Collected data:
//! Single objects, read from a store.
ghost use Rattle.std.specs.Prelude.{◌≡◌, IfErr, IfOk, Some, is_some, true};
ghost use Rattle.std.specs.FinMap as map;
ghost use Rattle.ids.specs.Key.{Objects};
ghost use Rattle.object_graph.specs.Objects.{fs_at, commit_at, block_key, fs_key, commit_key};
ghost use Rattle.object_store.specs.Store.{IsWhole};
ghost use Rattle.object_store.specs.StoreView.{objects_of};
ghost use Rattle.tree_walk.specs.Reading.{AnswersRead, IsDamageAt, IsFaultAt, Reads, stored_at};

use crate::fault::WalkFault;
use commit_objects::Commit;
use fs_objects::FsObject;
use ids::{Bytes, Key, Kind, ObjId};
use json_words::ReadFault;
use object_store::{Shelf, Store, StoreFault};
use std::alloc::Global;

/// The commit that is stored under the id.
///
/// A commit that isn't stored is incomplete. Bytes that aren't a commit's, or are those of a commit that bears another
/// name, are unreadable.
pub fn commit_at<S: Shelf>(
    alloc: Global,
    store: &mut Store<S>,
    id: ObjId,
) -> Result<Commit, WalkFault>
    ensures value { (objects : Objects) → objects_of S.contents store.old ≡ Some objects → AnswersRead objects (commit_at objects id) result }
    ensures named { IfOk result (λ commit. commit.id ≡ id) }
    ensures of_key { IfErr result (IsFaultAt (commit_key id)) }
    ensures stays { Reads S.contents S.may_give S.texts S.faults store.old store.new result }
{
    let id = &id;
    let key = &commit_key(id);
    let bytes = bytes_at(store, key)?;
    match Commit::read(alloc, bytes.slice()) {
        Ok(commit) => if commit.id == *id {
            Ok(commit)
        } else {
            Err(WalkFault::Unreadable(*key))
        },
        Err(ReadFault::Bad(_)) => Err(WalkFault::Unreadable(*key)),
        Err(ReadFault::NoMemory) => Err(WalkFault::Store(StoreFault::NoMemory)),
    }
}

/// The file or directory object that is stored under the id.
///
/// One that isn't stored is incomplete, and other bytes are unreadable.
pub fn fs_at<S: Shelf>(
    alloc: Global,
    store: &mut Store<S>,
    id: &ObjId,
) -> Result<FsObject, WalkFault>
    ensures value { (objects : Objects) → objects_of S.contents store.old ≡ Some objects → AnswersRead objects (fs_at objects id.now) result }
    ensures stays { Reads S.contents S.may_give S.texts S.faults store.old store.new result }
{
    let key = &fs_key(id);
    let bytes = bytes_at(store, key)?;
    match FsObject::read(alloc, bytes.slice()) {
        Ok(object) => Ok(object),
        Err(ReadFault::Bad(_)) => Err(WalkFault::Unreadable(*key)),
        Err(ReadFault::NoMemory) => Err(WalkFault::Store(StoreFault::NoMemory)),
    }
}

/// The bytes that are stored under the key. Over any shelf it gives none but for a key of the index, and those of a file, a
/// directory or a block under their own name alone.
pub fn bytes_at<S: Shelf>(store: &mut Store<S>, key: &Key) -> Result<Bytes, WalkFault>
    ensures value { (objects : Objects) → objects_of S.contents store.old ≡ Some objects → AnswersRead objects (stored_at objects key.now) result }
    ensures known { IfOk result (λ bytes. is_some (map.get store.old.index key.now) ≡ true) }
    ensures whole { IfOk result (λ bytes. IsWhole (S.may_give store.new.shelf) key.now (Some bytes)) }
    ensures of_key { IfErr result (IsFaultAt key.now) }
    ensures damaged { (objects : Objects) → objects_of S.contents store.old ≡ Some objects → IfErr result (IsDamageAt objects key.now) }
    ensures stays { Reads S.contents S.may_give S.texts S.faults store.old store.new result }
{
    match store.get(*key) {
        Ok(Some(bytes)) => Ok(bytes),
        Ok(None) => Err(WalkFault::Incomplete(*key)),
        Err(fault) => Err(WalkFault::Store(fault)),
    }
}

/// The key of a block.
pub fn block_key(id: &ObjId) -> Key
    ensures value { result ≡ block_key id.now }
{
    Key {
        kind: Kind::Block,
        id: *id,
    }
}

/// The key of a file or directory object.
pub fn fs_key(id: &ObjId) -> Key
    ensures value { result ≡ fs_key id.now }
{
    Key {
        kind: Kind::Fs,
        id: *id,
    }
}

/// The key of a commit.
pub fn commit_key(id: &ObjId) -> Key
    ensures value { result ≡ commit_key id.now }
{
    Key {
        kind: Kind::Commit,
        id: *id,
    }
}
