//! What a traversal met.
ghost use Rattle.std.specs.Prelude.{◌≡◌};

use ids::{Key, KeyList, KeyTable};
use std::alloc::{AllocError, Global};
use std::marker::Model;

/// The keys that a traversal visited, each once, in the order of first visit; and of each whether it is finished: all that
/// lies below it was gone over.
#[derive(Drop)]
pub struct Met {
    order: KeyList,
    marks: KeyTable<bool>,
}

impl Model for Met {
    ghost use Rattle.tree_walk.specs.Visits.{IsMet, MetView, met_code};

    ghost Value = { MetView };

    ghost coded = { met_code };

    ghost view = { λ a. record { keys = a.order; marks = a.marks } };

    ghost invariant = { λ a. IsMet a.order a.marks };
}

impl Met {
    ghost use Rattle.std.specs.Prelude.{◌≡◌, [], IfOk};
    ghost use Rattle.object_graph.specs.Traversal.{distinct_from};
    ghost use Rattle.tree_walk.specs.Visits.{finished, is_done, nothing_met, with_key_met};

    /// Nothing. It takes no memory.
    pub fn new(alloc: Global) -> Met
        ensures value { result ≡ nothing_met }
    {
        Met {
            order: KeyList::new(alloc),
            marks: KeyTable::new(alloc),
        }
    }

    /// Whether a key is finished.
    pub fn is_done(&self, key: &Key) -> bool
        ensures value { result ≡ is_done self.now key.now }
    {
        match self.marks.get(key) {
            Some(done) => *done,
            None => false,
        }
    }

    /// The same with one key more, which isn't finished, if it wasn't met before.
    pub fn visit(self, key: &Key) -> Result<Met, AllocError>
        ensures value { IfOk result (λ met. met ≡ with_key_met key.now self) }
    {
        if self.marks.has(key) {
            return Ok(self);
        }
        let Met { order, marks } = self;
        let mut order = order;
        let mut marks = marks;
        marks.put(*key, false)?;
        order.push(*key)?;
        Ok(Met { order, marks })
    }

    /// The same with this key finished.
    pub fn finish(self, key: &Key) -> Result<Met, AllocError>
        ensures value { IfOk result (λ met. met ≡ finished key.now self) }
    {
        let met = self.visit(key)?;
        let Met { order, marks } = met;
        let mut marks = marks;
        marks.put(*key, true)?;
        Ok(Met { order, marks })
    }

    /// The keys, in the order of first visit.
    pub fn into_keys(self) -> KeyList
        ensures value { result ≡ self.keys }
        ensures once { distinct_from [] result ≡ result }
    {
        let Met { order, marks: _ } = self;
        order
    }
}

**Work to complete**
Using the data above, output each line exactly.

**Task response**
//! Single objects, read from a store.
ghost use Rattle.std.specs.Prelude.{◌≡◌, IfErr, IfOk, Some, is_some, true};
ghost use Rattle.std.specs.FinMap as map;
ghost use Rattle.ids.specs.Key.{Objects};
ghost use Rattle.object_graph.specs.Objects.{fs_at, commit_at, block_key, fs_key, commit_key};
ghost use Rattle.object_store.specs.Store.{IsWhole};
ghost use Rattle.object_store.specs.StoreView.{objects_of};
ghost use Rattle.tree_walk.specs.Reading.{AnswersRead, IsDamageAt, IsFaultAt, Reads, stored_at};

use crate::fault::WalkFault;
use commit_objects::Commit;
use fs_objects::FsObject;
use ids::{Bytes, Key, Kind, ObjId};
use json_words::ReadFault;
use object_store::{Shelf, Store, StoreFault};
use std::alloc::Global;

/// The commit that is stored under the id.
///
/// A commit that isn't stored is incomplete. Bytes that aren't a commit's, or are those of a commit that bears another
/// name, are unreadable.
pub fn commit_at<S: Shelf>(
    alloc: Global,
    store: &mut Store<S>,
    id: ObjId,
) -> Result<Commit, WalkFault>
    ensures value { (objects : Objects) → objects_of S.contents store.old ≡ Some objects → AnswersRead objects (commit_at objects id) result }
    ensures named { IfOk result (λ commit. commit.id ≡ id) }
    ensures of_key { IfErr result (IsFaultAt (commit_key id)) }
    ensures stays { Reads S.contents S.may_give S.texts S.faults store.old store.new result }
{
    let id = &id;
    let key = &commit_key(id);
    let bytes = bytes_at(store, key)?;
    match Commit::read(alloc, bytes.slice()) {
        Ok(commit) => if commit.id == *id {
            Ok(commit)
        } else {
            Err(WalkFault::Unreadable(*key))
        },
        Err(ReadFault::Bad(_)) => Err(WalkFault::Unreadable(*key)),
        Err(ReadFault::NoMemory) => Err(WalkFault::Store(StoreFault::NoMemory)),
    }
}

/// The file or directory object that is stored under the id.
///
/// One that isn't stored is incomplete, and other bytes are unreadable.
pub fn fs_at<S: Shelf>(
    alloc: Global,
    store: &mut Store<S>,
    id: &ObjId,
) -> Result<FsObject, WalkFault>
    ensures value { (objects : Objects) → objects_of S.contents store.old ≡ Some objects → AnswersRead objects (fs_at objects id.now) result }
    ensures stays { Reads S.contents S.may_give S.texts S.faults store.old store.new result }
{
    let key = &fs_key(id);
    let bytes = bytes_at(store, key)?;
    match FsObject::read(alloc, bytes.slice()) {
        Ok(object) => Ok(object),
        Err(ReadFault::Bad(_)) => Err(WalkFault::Unreadable(*key)),
        Err(ReadFault::NoMemory) => Err(WalkFault::Store(StoreFault::NoMemory)),
    }
}

/// The bytes that are stored under the key. Over any shelf it gives none but for a key of the index, and those of a file, a
/// directory or a block under their own name alone.
pub fn bytes_at<S: Shelf>(store: &mut Store<S>, key: &Key) -> Result<Bytes, WalkFault>
    ensures value { (objects : Objects) → objects_of S.contents store.old ≡ Some objects → AnswersRead objects (stored_at objects key.now) result }
    ensures known { IfOk result (λ bytes. is_some (map.get store.old.index key.now) ≡ true) }
    ensures whole { IfOk result (λ bytes. IsWhole (S.may_give store.new.shelf) key.now (Some bytes)) }
    ensures of_key { IfErr result (IsFaultAt key.now) }
    ensures damaged { (objects : Objects) → objects_of S.contents store.old ≡ Some objects → IfErr result (IsDamageAt objects key.now) }
    ensures stays { Reads S.contents S.may_give S.texts S.faults store.old store.new result }
{
    match store.get(*key) {
        Ok(Some(bytes)) => Ok(bytes),
        Ok(None) => Err(WalkFault::Incomplete(*key)),
        Err(fault) => Err(WalkFault::Store(fault)),
    }
}

/// The key of a block.
pub fn block_key(id: &ObjId) -> Key
    ensures value { result ≡ block_key id.now }
{
    Key {
        kind: Kind::Block,
        id: *id,
    }
}

/// The key of a file or directory object.
pub fn fs_key(id: &ObjId) -> Key
    ensures value { result ≡ fs_key id.now }
{
    Key {
        kind: Kind::Fs,
        id: *id,
    }
}

/// The key of a commit.
pub fn commit_key(id: &ObjId) -> Key
    ensures value { result ≡ commit_key id.now }
{
    Key {
        kind: Kind::Commit,
        id: *id,
    }
}
//! What a traversal met.
ghost use Rattle.std.specs.Prelude.{◌≡◌};

use ids::{Key, KeyList, KeyTable};
use std::alloc::{AllocError, Global};
use std::marker::Model;

/// The keys that a traversal visited, each once, in the order of first visit; and of each whether it is finished: all that
/// lies below it was gone over.
#[derive(Drop)]
pub struct Met {
    order: KeyList,
    marks: KeyTable<bool>,
}

impl Model for Met {
    ghost use Rattle.tree_walk.specs.Visits.{IsMet, MetView, met_code};

    ghost Value = { MetView };

    ghost coded = { met_code };

    ghost view = { λ a. record { keys = a.order; marks = a.marks } };

    ghost invariant = { λ a. IsMet a.order a.marks };
}

impl Met {
    ghost use Rattle.std.specs.Prelude.{◌≡◌, [], IfOk};
    ghost use Rattle.object_graph.specs.Traversal.{distinct_from};
    ghost use Rattle.tree_walk.specs.Visits.{finished, is_done, nothing_met, with_key_met};

    /// Nothing. It takes no memory.
    pub fn new(alloc: Global) -> Met
        ensures value { result ≡ nothing_met }
    {
        Met {
            order: KeyList::new(alloc),
            marks: KeyTable::new(alloc),
        }
    }

    /// Whether a key is finished.
    pub fn is_done(&self, key: &Key) -> bool
        ensures value { result ≡ is_done self.now key.now }
    {
        match self.marks.get(key) {
            Some(done) => *done,
            None => false,
        }
    }

    /// The same with one key more, which isn't finished, if it wasn't met before.
    pub fn visit(self, key: &Key) -> Result<Met, AllocError>
        ensures value { IfOk result (λ met. met ≡ with_key_met key.now self) }
    {
        if self.marks.has(key) {
            return Ok(self);
        }
        let Met { order, marks } = self;
        let mut order = order;
        let mut marks = marks;
        marks.put(*key, false)?;
        order.push(*key)?;
        Ok(Met { order, marks })
    }

    /// The same with this key finished.
    pub fn finish(self, key: &Key) -> Result<Met, AllocError>
        ensures value { IfOk result (λ met. met ≡ finished key.now self) }
    {
        let met = self.visit(key)?;
        let Met { order, marks } = met;
        let mut marks = marks;
        marks.put(*key, true)?;
        Ok(Met { order, marks })
    }

    /// The keys, in the order of first visit.
    pub fn into_keys(self) -> KeyList
        ensures value { result ≡ self.keys }
        ensures once { distinct_from [] result ≡ result }
    {
        let Met { order, marks: _ } = self;
        order
    }
}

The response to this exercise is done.